◆ Work to be completed:
Transcribe every record below word for word.

---*---

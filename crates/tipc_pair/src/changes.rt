//! What an arrival changes at a pair, and what it gives.

use crate::transitions::TransitionList;
use tipc_header::Packet;
use tipc_reassembly::OpenedList;
use tipc_types::{BroadcastState, Why};

/// A packet as it arrives at a pair, with the two epochs of its envelope.
#[derive(Clone, Copy)]
pub struct Incoming<'a> {
    /// The sender's epoch.
    pub sender_epoch: u64,
    /// This end's epoch, as the sender knows it.
    pub receiver_epoch: u64,
    /// The packet.
    pub packet: Packet<'a>,
    /// The arrival's number at this node.
    pub by: u64,
    /// What fills the broadcast fields of a STATE that is sent.
    pub shown: BroadcastState,
}

/// What an arrival gave. (This project's profile.)
#[derive(Clone, Debug, Drop, PartialEq)]
pub enum PairOutcome {
    /// What came of the packets that were taken, in order.
    Took(OpenedList),
    /// The packet waits until those before it were taken.
    Deferred,
    /// Nothing was taken, and why.
    Ignored(Why),
}

/// What an arrival did to a pair, and what it gave.
#[derive(Clone, Debug, Drop, PartialEq)]
pub struct PairArrival {
    /// What became of the links and the contact.
    pub changes: TransitionList,
    /// What was given.
    pub outcome: PairOutcome,
}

---*---

◆ Output:
filename crates/tipc_pair/src/changes.rt
//! What an arrival changes at a pair, and what it gives.

use crate::transitions::TransitionList;
use tipc_header::Packet;
use tipc_reassembly::OpenedList;
use tipc_types::{BroadcastState, Why};

/// A packet as it arrives at a pair, with the two epochs of its envelope.
#[derive(Clone, Copy)]
pub struct Incoming<'a> {
    /// The sender's epoch.
    pub sender_epoch: u64,
    /// This end's epoch, as the sender knows it.
    pub receiver_epoch: u64,
    /// The packet.
    pub packet: Packet<'a>,
    /// The arrival's number at this node.
    pub by: u64,
    /// What fills the broadcast fields of a STATE that is sent.
    pub shown: BroadcastState,
}

/// What an arrival gave. (This project's profile.)
#[derive(Clone, Debug, Drop, PartialEq)]
pub enum PairOutcome {
    /// What came of the packets that were taken, in order.
    Took(OpenedList),
    /// The packet waits until those before it were taken.
    Deferred,
    /// Nothing was taken, and why.
    Ignored(Why),
}

/// What an arrival did to a pair, and what it gave.
#[derive(Clone, Debug, Drop, PartialEq)]
pub struct PairArrival {
    /// What became of the links and the contact.
    pub changes: TransitionList,
    /// What was given.
    pub outcome: PairOutcome,
}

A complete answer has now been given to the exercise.